Di Indonesia, pada proses perizinan saja sudah berbelit-belit. Ini sudah terlalu sering dikeluhkan para investor.
Indeks Daya Saing Global (Global Competitiveness Index) 2019 menempatkan Indonesia pada peringkat ke-50 dari 141 negara. Indeks yang baru saja dirilis Forum Ekonomi Dunia ini, menunjukkan bahwa Indonesia mengalami penurunan sebesar lima peringkat. Sebelumnya dalam Indeks Daya Saing Global 2018 Indonesia berhasil menduduki peringkat ke-45 dari 140 negara.
Penurunan indeks daya saing ini mengindikasikan adanya permasalahan serius yang terjadi pada daya saing Indonesia.
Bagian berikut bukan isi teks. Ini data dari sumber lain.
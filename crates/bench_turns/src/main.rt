//! Measures how many turns the machine takes per second: two nested loops through `Machine::run`, in large batches. The
//! word is the number of rounds of each loop, by default 950, which is 9,937,012 turns.
#![tactic(auto)]

use class_file::read;
use jvms_machine::machine::{Argument, Entry, Limits, Status};
use jvms_machine::value::Value;
use linker::link;
use machine::{Machine, is_enabled};
use program::Program;
use shared_data::items::Items;
use std::alloc::Global;
use std::process::ExitCode;
use std::{env, io};
use trace::Trace;

/// The number of turns of one call of `Machine::run`.
const BATCH: usize = 100_000;

/// The maximum number of such calls.
const MOST_BATCHES: usize = 1_000;

/// The number of rounds of each loop if there is no word.
const ROUNDS: i32 = 950;

const LIMITS: Limits = Limits {
    objects: 1_000,
    elements: 0,
    threads: 1,
    frames: 1,
};

/// static int f(int n) {
///     int s = 0;
///     for (int i = 0; i < n; i++)
///         for (int j = 0; j < n; j++)
///             s += i ^ j;
///     return s;
/// }
const NESTED: [u8; 138] = [
    0xca, 0xfe, 0xba, 0xbe, 0x00, 0x00, 0x00, 0x31, 0x00, 0x08, 0x01, 0x00, 0x01, 0x66, 0x01, 0x00,
    0x04, 0x28, 0x49, 0x29, 0x49, 0x01, 0x00, 0x04, 0x43, 0x6f, 0x64, 0x65, 0x01, 0x00, 0x06, 0x4e,
    0x65, 0x73, 0x74, 0x65, 0x64, 0x07, 0x00, 0x04, 0x01, 0x00, 0x10, 0x6a, 0x61, 0x76, 0x61, 0x2f,
    0x6c, 0x61, 0x6e, 0x67, 0x2f, 0x4f, 0x62, 0x6a, 0x65, 0x63, 0x74, 0x07, 0x00, 0x06, 0x00, 0x21,
    0x00, 0x05, 0x00, 0x07, 0x00, 0x00, 0x00, 0x00, 0x00, 0x01, 0x00, 0x09, 0x00, 0x01, 0x00, 0x02,
    0x00, 0x01, 0x00, 0x03, 0x00, 0x00, 0x00, 0x30, 0x00, 0x03, 0x00, 0x04, 0x00, 0x00, 0x00, 0x24,
    0x03, 0x3c, 0x03, 0x3d, 0x1c, 0x1a, 0xa2, 0x00, 0x1c, 0x03, 0x3e, 0x1d, 0x1a, 0xa2, 0x00, 0x0f,
    0x1b, 0x1c, 0x1d, 0x82, 0x60, 0x3c, 0x84, 0x03, 0x01, 0xa7, 0xff, 0xf2, 0x84, 0x02, 0x01, 0xa7,
    0xff, 0xe5, 0x1b, 0xac, 0x00, 0x00, 0x00, 0x00, 0x00, 0x00,
];

/// Returns the program of that class, if there is memory.
fn nested_loops(alloc: Global) -> Option<Program> {
    let class = read(alloc, &NESTED).ok()?.into_class();
    link(alloc, vec![in alloc; class].ok()?).ok()
}

fn text(alloc: Global, ascii: &str) -> Option<Items<u16>> {
    let units = ascii
        .as_bytes()
        .iter()
        .map(|b| u16::from(*b))
        .collect(alloc)
        .ok()?;
    Some(Items::from_vec(units))
}

/// Returns the entry of the method with a number of rounds, if there is memory.
fn entry_of(alloc: Global, rounds: i32) -> Option<Entry> {
    Some(Entry::Static {
        class: text(alloc, "Nested")?,
        name: text(alloc, "f")?,
        descriptor: text(alloc, "(I)I")?,
        arguments: Items::from_vec(vec![in alloc; Argument::Int(rounds)].ok()?),
    })
}

/// Takes turns, a batch at a time, until the method has returned, and counts them.
fn turns_of(alloc: Global, machine: &mut Machine<'_>) -> Option<usize> {
    let batch = vec![in alloc; 0u32; BATCH].ok()?;
    let mut turns = 0usize;
    for _ in 0..MOST_BATCHES {
        if machine.status() != Status::Running {
            return Some(turns);
        }
        let mut trace = Trace::new(alloc);
        let outcomes = machine.run(&batch, &mut trace).ok()?;
        let made = outcomes.iter().filter(|o| is_enabled(**o)).count();
        turns = turns.saturating_add(made);
    }
    Some(turns)
}

/// Returns the number of turns from an entry on, and the result of its method, if there is memory.
fn counted_from(alloc: Global, program: &Program, entry: &Entry) -> Option<(usize, Option<Value>)> {
    let mut machine = Machine::new(alloc, program, LIMITS, entry).ok()?;
    let turns = turns_of(alloc, &mut machine);
    let result = machine.result();
    drop(machine);
    Some((turns?, result))
}

/// Returns the number of turns of the program's method with a number of rounds, and its result, if there is memory.
fn counted_of(alloc: Global, program: &Program, rounds: i32) -> Option<(usize, Option<Value>)> {
    let entry = entry_of(alloc, rounds)?;
    let counted = counted_from(alloc, program, &entry);
    drop(entry);
    counted
}

/// Returns the number of turns of the method with a number of rounds, and its result, if there is memory.
fn counted(alloc: Global, rounds: i32) -> Option<(usize, Option<Value>)> {
    let program = nested_loops(alloc)?;
    let counted = counted_of(alloc, &program, rounds);
    drop(program);
    counted
}

/// Returns the rounds of the first word.
fn rounds_of(rt: &HostRuntime) -> io::Result<i32> {
    match env::args(rt)?.nth(1) {
        Some(word) => Ok(word.parse().unwrap_or(ROUNDS)),
        None => Ok(ROUNDS),
    }
}

fn main(rt: HostRuntime) -> io::Result<ExitCode> {
    let rounds = rounds_of(&rt)?;
    match counted(rt.alloc(), rounds) {
        Some((turns, Some(Value::Int(result)))) => {
            println!(rt; "turns {turns} result {result}")?;
            Ok(ExitCode::SUCCESS)
        }
        _ => Ok(ExitCode::from(3)),
    }
}
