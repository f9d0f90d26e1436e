// What a lookup answers. Nothing is written, and nothing is asked of a caller.

#![tactic(auto)]

ghost use Rattle.std.proofs.Math.Option.{some};
ghost use Rattle.std.specs.Prelude.{◌≡◌};
ghost use Rattle.rule.specs.Calls.{found, lookup_outcome};

use place::{find, held};
use rule::{Bucket, Found, Refusal, State, TICKS};
use slots::read;
use sound::sound;

pub(crate) fn found_in(b: Bucket) -> Found
    ensures { Ok result ≡ found (some b) }
{
    Found {
        level: bucket::level(b),
        error: bucket::error(b),
        least: b.least,
        largest: b.largest,
    }
}

// The holding bucket's level, error, least and largest.
pub fn lookup(s: State, room: &[i64], tick: u32) -> Result<Found, Refusal>
    ensures { result ≡ lookup_outcome s room.now tick }
{
    if !sound(s, room) {
        return Err(Refusal::Unsound);
    }
    if TICKS <= tick as usize {
        return Err(Refusal::Tick);
    }
    let at = find(room, s.used, tick);
    if !held(room, s.used, at, tick) {
        return Err(Refusal::Absent);
    }
    Ok(found_in(read(room, at - 1)))
}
Apakah itu? Salah satu masalah utama yakni rendahnya kualitas sumber daya manusia Indonesia. Permasalahan ini sebenarnya bukan Global Competitiveness Index hal yang baru dan mendesak diperbaiki. Tapi entah mengapa masih luput diperhatikan oleh pemerintah. Meski demikian berhembus kabar bahwa dalam lima tahun masa pemerintahan yang baru ini, Presiden Joko Widodo akan berupaya keras menggenjot pembangunan manusia.
Dampak yang paling parah dari rendahnya kualitas manusia ialah terhadap investasi. Tentu saja para investor tak mau atau mesti berpikir ulang berinvestasi pada negara yang punya kualitas manusia rendah. Produktivitas bakal melambat. Lucunya meski berkualitas rendah, dalam bekerja manusia Indonesia menginginkan gaji besar. Saya kira ini benar-benar sebuah ironi.
Beda dengan China dan Vietnam. Ketika dulu China kebanjiran usia produktif, investasi berbondong-bondong mengalir ke sana. Tenaga kerja yang terampil dan murah menjadi andalan. Ekonomi China bergairah, dan berhasil tumbuh 6% sampai 7% pertahun. Sekarang hal seperti ini terjadi pula di Vietnam. Bersama kita saksikan para investor kini memburu Vietnam. Pabrik-pabrik berdiri, akses tenaga kerja meluas, ekspor terdongkrak dan pada intinya menghidupkan perekonomian negara itu.
Bahkan beberapa waktu lalu, kita lihat sebanyak 23 perusahaan yang selama ini beroperasi di China merelokasi pabriknya ke Vietnam. Ini dilakukan guna mengurangi biaya produksi.
Wajar saja memang jika kita cemburu terhadap Vietnam. Di antara friksi perang dagang AS-China yang berlangsung, justru Vietnam––yang notabene bukan pemain––menjadi “pemenang”. Dalam artian Vietnam berhasil menggaet modal dan produksi mengalir deras ke negerinya.